• **HOW TO COMPLETE THIS TASK**: Identify every line in the records below that contains the word "CsvRecordDelimiter", and reproduce each one.

• **EXERCISE INPUT**:
------------------------

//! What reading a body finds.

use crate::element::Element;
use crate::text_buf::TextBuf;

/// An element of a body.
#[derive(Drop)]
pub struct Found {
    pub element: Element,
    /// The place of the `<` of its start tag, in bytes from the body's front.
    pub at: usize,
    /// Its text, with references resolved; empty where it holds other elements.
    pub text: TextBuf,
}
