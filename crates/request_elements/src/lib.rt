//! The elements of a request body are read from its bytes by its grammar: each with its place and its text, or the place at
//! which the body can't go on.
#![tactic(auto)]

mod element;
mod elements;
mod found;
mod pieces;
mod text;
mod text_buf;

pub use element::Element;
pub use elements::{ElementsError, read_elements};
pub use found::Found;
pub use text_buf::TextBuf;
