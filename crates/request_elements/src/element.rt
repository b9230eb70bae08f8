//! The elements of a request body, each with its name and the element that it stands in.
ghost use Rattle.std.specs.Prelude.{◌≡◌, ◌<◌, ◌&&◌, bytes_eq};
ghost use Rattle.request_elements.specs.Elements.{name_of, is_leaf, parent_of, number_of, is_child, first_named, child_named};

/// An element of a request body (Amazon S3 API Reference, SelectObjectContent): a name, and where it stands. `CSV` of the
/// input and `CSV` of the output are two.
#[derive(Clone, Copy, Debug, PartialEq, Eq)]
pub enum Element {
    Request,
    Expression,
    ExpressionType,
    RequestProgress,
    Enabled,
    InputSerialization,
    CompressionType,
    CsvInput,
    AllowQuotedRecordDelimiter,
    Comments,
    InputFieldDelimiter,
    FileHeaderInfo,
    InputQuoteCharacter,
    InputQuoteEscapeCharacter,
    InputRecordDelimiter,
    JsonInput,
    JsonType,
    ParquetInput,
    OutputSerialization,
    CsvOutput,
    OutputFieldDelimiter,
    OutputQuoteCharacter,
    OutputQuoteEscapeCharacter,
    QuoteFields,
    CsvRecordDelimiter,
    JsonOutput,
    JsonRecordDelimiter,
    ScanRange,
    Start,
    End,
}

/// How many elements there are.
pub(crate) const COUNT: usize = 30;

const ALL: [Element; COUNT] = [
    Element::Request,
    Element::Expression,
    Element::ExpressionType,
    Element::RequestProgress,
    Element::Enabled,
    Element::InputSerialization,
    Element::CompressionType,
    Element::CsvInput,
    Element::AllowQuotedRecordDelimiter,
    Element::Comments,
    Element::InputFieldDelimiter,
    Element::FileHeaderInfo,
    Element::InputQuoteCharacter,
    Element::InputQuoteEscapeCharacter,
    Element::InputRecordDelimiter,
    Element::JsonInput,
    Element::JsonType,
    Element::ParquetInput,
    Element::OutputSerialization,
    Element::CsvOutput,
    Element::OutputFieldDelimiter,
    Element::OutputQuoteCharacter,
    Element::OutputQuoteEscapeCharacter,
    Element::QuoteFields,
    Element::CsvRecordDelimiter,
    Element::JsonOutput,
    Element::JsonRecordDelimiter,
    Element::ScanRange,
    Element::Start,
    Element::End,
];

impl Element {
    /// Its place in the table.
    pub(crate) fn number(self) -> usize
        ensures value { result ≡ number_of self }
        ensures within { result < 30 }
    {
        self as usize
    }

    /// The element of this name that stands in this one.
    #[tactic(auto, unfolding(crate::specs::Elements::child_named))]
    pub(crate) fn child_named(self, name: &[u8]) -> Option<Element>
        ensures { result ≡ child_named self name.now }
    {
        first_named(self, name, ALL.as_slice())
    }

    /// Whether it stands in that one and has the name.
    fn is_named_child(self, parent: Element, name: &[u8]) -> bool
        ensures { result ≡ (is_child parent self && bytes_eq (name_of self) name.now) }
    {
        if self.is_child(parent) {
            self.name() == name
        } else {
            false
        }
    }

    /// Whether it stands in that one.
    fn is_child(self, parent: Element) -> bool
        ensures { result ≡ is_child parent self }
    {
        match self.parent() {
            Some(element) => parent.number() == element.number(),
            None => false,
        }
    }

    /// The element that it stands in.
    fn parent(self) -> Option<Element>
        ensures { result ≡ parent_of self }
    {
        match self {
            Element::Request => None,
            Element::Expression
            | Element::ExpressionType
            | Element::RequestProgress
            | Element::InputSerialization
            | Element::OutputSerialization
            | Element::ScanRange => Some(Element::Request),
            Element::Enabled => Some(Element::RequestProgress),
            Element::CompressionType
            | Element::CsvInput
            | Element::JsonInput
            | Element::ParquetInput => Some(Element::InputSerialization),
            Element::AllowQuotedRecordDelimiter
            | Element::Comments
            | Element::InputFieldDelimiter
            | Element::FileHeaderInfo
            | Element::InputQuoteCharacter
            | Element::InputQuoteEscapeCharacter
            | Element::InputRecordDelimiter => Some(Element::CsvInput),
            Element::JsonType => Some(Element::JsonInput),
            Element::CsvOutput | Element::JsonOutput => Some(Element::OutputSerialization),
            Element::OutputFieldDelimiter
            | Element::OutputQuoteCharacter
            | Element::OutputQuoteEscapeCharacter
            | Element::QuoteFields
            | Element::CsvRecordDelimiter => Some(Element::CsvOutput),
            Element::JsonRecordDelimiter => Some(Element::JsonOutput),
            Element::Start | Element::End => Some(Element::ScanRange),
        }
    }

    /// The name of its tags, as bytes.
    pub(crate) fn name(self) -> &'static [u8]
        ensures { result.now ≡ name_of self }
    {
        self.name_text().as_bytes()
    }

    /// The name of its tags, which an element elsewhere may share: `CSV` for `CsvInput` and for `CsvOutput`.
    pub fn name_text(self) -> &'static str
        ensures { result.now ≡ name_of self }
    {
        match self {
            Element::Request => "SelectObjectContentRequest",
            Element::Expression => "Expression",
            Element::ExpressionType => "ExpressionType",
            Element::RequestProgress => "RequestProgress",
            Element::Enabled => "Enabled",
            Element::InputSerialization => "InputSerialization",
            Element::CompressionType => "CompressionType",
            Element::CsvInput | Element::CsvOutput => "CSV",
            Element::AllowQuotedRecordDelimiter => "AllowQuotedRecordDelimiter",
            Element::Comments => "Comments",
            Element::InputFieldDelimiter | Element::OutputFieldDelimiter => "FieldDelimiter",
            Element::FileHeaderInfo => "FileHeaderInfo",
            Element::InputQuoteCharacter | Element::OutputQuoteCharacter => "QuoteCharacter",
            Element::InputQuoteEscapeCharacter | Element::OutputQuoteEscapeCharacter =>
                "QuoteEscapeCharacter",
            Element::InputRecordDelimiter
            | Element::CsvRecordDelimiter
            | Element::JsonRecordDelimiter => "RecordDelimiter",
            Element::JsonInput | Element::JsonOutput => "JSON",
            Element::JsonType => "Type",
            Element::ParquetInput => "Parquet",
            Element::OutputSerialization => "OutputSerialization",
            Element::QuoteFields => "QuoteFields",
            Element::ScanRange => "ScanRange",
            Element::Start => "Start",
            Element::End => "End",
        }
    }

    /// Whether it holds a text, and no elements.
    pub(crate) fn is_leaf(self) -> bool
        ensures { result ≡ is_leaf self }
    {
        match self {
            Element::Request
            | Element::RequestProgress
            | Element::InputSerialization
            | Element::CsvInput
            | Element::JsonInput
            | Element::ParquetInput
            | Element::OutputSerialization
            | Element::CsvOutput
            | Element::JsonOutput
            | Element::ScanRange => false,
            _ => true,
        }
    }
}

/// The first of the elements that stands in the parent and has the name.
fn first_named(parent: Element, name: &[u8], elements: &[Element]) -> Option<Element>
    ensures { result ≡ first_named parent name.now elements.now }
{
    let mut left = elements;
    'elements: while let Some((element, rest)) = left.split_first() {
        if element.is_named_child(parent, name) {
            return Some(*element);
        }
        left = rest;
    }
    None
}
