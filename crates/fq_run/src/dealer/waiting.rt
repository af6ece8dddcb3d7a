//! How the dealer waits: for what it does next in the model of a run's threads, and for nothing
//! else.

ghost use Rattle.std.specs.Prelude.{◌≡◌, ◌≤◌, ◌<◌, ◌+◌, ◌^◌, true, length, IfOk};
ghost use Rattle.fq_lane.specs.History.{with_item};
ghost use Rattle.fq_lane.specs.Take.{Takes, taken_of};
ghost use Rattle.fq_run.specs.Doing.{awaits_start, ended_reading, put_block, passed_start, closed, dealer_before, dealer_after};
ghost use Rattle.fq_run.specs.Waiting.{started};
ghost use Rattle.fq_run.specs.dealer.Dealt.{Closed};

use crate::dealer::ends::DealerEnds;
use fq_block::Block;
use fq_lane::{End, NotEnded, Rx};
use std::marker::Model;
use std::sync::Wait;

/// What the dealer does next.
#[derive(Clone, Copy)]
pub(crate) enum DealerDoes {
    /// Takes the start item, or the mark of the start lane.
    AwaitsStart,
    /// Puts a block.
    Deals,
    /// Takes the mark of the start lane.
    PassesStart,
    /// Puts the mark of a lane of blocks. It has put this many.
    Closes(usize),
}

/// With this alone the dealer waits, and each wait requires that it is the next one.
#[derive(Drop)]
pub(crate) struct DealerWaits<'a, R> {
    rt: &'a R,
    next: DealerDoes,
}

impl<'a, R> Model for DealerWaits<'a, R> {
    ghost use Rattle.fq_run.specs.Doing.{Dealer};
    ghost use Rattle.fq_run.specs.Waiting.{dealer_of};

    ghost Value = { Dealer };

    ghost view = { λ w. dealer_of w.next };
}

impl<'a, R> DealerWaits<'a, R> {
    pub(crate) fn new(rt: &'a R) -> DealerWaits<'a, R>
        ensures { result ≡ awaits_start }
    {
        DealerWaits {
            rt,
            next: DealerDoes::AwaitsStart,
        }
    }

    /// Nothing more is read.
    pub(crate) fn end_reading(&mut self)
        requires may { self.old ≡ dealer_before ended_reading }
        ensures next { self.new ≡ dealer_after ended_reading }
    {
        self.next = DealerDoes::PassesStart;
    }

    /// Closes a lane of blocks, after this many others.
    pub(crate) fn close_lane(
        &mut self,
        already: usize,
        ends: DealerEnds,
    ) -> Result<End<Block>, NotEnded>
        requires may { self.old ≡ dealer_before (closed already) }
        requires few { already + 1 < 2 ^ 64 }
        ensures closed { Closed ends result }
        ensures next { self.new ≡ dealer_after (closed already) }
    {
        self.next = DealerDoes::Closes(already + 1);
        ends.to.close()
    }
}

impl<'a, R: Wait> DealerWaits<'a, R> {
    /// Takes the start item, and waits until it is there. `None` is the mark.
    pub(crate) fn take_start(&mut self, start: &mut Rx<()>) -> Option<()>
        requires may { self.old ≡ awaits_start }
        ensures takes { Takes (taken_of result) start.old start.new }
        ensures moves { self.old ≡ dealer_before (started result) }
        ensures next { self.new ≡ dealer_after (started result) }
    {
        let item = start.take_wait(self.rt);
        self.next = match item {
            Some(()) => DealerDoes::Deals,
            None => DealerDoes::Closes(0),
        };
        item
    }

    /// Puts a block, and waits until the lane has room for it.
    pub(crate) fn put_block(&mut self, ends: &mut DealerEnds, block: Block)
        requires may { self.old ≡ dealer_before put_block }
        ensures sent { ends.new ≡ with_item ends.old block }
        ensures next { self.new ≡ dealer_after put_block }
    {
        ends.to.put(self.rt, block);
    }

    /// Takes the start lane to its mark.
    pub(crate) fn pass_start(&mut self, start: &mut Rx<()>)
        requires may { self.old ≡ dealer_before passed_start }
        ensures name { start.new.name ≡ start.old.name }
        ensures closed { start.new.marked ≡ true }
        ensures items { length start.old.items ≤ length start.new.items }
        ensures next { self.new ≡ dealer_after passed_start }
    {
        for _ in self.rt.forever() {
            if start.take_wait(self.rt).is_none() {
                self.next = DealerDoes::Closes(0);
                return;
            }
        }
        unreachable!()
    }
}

------------------------

• **WORKED SOLUTION**:
    CsvRecordDelimiter,
    Element::CsvRecordDelimiter,
            | Element::CsvRecordDelimiter => Some(Element::CsvOutput),
            | Element::CsvRecordDelimiter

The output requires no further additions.